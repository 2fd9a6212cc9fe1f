//! What bytes are written to.

ghost use Rattle.std.specs.Prelude.{◌≡◌, ◌<◌, ◌≤◌, true, false, length, IfOk, OnOk, OnErr};
ghost use Rattle.std.specs.Io.KnownBytes.{Keeps, WriteAppends};

use std::io::Write;
use std::marker::Model;
use thiserror::Error;

/// The writer failed.
#[derive(Clone, Copy, Debug, PartialEq, Eq, Error)]
#[error("the writer failed")]
pub struct WriterFailed;

/// A stream that is written. What it did is all that is known of it, and no caller can say otherwise: a write that
/// fails has failed in the stream.
pub trait Sink {
    ghost use Rattle.std.specs.Prelude.{Bool, List, ℕ, Option};

    /// The bytes that were written, where it tells them.
    ghost written: { Self → Option (List ℕ) };

    /// Whether a write has failed.
    ghost has_failed: { Self → Bool };

    /// Writes a front of the bytes, of at least one byte where there are any, and says of how many.
    fn write(&mut self, bytes: &[u8]) -> Result<usize, WriterFailed>
        ensures bound { IfOk result (λ n. n ≤ length bytes.now) }
        ensures some { IfOk result (λ n. 0 < length bytes.now → 0 < n) }
        ensures bytes { WriteAppends (written self.old) (written self.new) result bytes.now }
        ensures ok { OnOk result (has_failed self.new ≡ has_failed self.old) }
        ensures err { OnErr result (has_failed self.new ≡ true) };

    /// Sends on what it holds back.
    fn flush(&mut self) -> Result<(), WriterFailed>
        ensures kept { Keeps (written self.old) (written self.new) }
        ensures ok { OnOk result (has_failed self.new ≡ has_failed self.old) }
        ensures err { OnErr result (has_failed self.new ≡ true) };
}

/// A writer of std's. It notes a failure where std's call answers one, or takes none of some bytes, and nowhere else:
/// `tools/stream-faults` reads that off this file.
#[derive(Drop)]
pub struct Writer<W: Write> {
    writer: W,
    failed: bool,
}

impl<W: Write> Model for Writer<W> {
    ghost use Rattle.watched.specs.Streams.{Receiving};

    ghost Value = { Receiving };

    ghost view = { λ w. record { written = W.contents w.writer; failed = w.failed } };
}

impl<W: Write> Writer<W> {
    /// Notes failures from now on.
    pub fn new(writer: W) -> Self
        ensures written { result.written ≡ W.contents writer }
        ensures failed { result.failed ≡ false }
    {
        Writer {
            writer,
            failed: false,
        }
    }

    /// The writer of std's.
    pub fn into_inner(self) -> W
        ensures { W.contents result ≡ self.written }
    {
        self.writer
    }
}

impl<W: Write> Sink for Writer<W> {
    ghost written = { λ w. w.written };

    ghost has_failed = { λ w. w.failed };

    fn write(&mut self, bytes: &[u8]) -> Result<usize, WriterFailed> {
        match self.writer.write(bytes) {
            Ok(n) if n > 0 || bytes.is_empty() => Ok(n),
            Ok(_) | Err(_) => {
                self.failed = true;
                Err(WriterFailed)
            }
        }
    }

    fn flush(&mut self) -> Result<(), WriterFailed> {
        match self.writer.flush() {
            Ok(()) => Ok(()),
            Err(_) => {
                self.failed = true;
                Err(WriterFailed)
            }
        }
    }
}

_YOUR ASSIGNMENT_. Copy, exactly and only, the lines above that begin with the one containing "from now on." and finish with the one containing "pub fn into_inner(self) -> W".

_THE COMPLETED TASK_.
    /// Notes failures from now on.
    pub fn new(writer: W) -> Self
        ensures written { result.written ≡ W.contents writer }
        ensures failed { result.failed ≡ false }
    {
        Writer {
            writer,
            failed: false,
        }
    }

    /// The writer of std's.
    pub fn into_inner(self) -> W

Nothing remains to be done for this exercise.